# This Is Why We Have Smoke Alarms



## ED_RN (Jun 25, 2006)

This is why we have smoke alarms in our campers. The driver was in this on the feeway when the fire started. No one was hurt in this. Just imagine if they were asleep and their smoke alarm didn't wake them. Looks like this coach went up fast. There is a fire station less than a mile away shared and staffed with both a city and county engine. I'm sure the response time wasn't very long.


----------



## wolfwood (Sep 19, 2005)

YIKES!!!! I just hate seeing those photos...but they are SOOOO important for us all to see now and then.

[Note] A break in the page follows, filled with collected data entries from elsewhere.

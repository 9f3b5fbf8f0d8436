// Documents with the name of their shape.
use crate::document::Document;
use crate::settings::DocumentSettings;
use crate::text::Text;
use std::marker::Model;

/// A document with the full name of its shape, its discriminator, where that is known, and with the settings by which it is read.
#[derive(Drop)]
pub struct DiscriminatedDocument<S: DocumentSettings> {
    document: Document,
    name: Option<Text>,
    settings: S,
}

impl<S: DocumentSettings> Model for DiscriminatedDocument<S> {
    ghost use Rattle.std.specs.Prelude.{List, ℕ, Option, ◌≡◌, refl};
    ghost use Rattle.std.specs.Coded.{code_by, coded×, coded_ℕ, coded_list, coded_option};
    ghost use Rattle.smithy_types.specs.Settings.{Discriminated};
    ghost use Rattle.smithy_types.specs.Documents.{Document as Tree};
    ghost use Rattle.smithy_types.specs.views.DocumentCode.{coded_document};
    ghost use Rattle.smithy_types.specs.views.DocumentView.{view as document_view};

    ghost Value = { Discriminated S };

    ghost coded = { code_by (Tree × (Option (List ℕ) × S)) (coded× coded_document (coded× (coded_option (coded_list coded_ℕ)) S.code)) (λ d. (d.document, (d.discriminator, d.settings))) (λ p. record { document = p.0; discriminator = p.1.0; settings = p.1.1 }) (λ _. refl) };

    ghost view = { λ a. record {
      document = document_view a.document;
      discriminator = a.name;
      settings = a.settings;
    } };
}

impl<S: DocumentSettings> DiscriminatedDocument<S> {
    ghost use Rattle.std.specs.Prelude.{◌≡◌, Some, None, option_map};
    ghost use Rattle.smithy_types.specs.views.DocumentView.{view as document_view};

    /// The document with these settings, and without a discriminator.
    pub fn new(document: Document, settings: S) -> Self
        ensures document { result.document ≡ document_view document }
        ensures discriminator { result.discriminator ≡ None }
        ensures settings { result.settings ≡ settings }
    {
        DiscriminatedDocument {
            document,
            name: None,
            settings,
        }
    }

    /// The same with this discriminator.
    pub fn with_discriminator(self, name: Text) -> Self
        ensures { result ≡ record self { discriminator = Some name } }
    {
        let DiscriminatedDocument {
            document,
            settings,
            ..
        } = self;
        DiscriminatedDocument {
            document,
            name: Some(name),
            settings,
        }
    }

    /// The document.
    pub fn document(&self) -> &Document
        ensures { document_view result.now ≡ self.now.document }
    {
        &self.document
    }

    /// The discriminator, where there is one.
    pub fn discriminator(&self) -> Option<&str>
        ensures { option_map (λ t. t.now) result ≡ self.now.discriminator }
    {
        match &self.name {
            Some(name) => Some(name.as_str()),
            None => None,
        }
    }

    /// The settings.
    pub fn settings(&self) -> &S
        ensures { result.now ≡ self.now.settings }
    {
        &self.settings
    }
}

Thanks for the reminder!


----------



## Lady Di (Oct 28, 2005)

Wow! That is reason enough to make sure ALL of our smoke detectors work.

Thanks for the reminder.


----------



## johnp (Mar 15, 2004)

I plan on installing smoke/co detectors in the front and rear in the 32bhds. Two bedrooms and only one smoke detector.

John


----------



## RizFam (Feb 25, 2006)

Wow glad no one was injured. Thanks for the reminder.


----------



## HootBob (Apr 26, 2004)

Glad to hear no one was injury

We replace our batteries routinely

Don


----------



## Oregon_Camper (Sep 13, 2004)

Makes me glad we have 2 doors in our trailer....


----------



## huntr70 (Jul 8, 2005)

Oregon_Camper said:


> Makes me glad we have 2 doors in our trailer....


Now that I think of it, it really doesn't make sense to have one fire extinguisher right at the door either.

What if you had to use it to get to the door???

I think I'll pick up a couple more small extinguishers and keep some more around.

Steve


----------



## PDX_Doug (Nov 16, 2004)

Yikes!

That was expensive! Yup... think I'll check the charge on our extinguishers!

Happy Trails,
Doug

_Oh, a posting we will go,
A posting we will go.
High ho, the merry-oh,
A posting we will go!_


----------



## Lady Di (Oct 28, 2005)

Yeah, come ACTUAL spring, when I can get to the OB without wading through snow, I'll have to check a few things.


----------



## PDX_Doug (Nov 16, 2004)

So how is the snow back there? Stopped yet?

Happy Trails,
Doug

_Oh, a posting we will go,
A posting we will go.
High ho, the merry-oh,
A posting we will go!_


----------



## Lady Di (Oct 28, 2005)

Yeah, our official was 10 inches. Very wet, very heavy.

Shoveled for about an hour to get the car dug out.

At least I got my exercise for the day.

The Y didn't do swimming lessons, so I had some free time.


----------



## kmcfetters (May 7, 2005)

Hope he had good insurance!


----------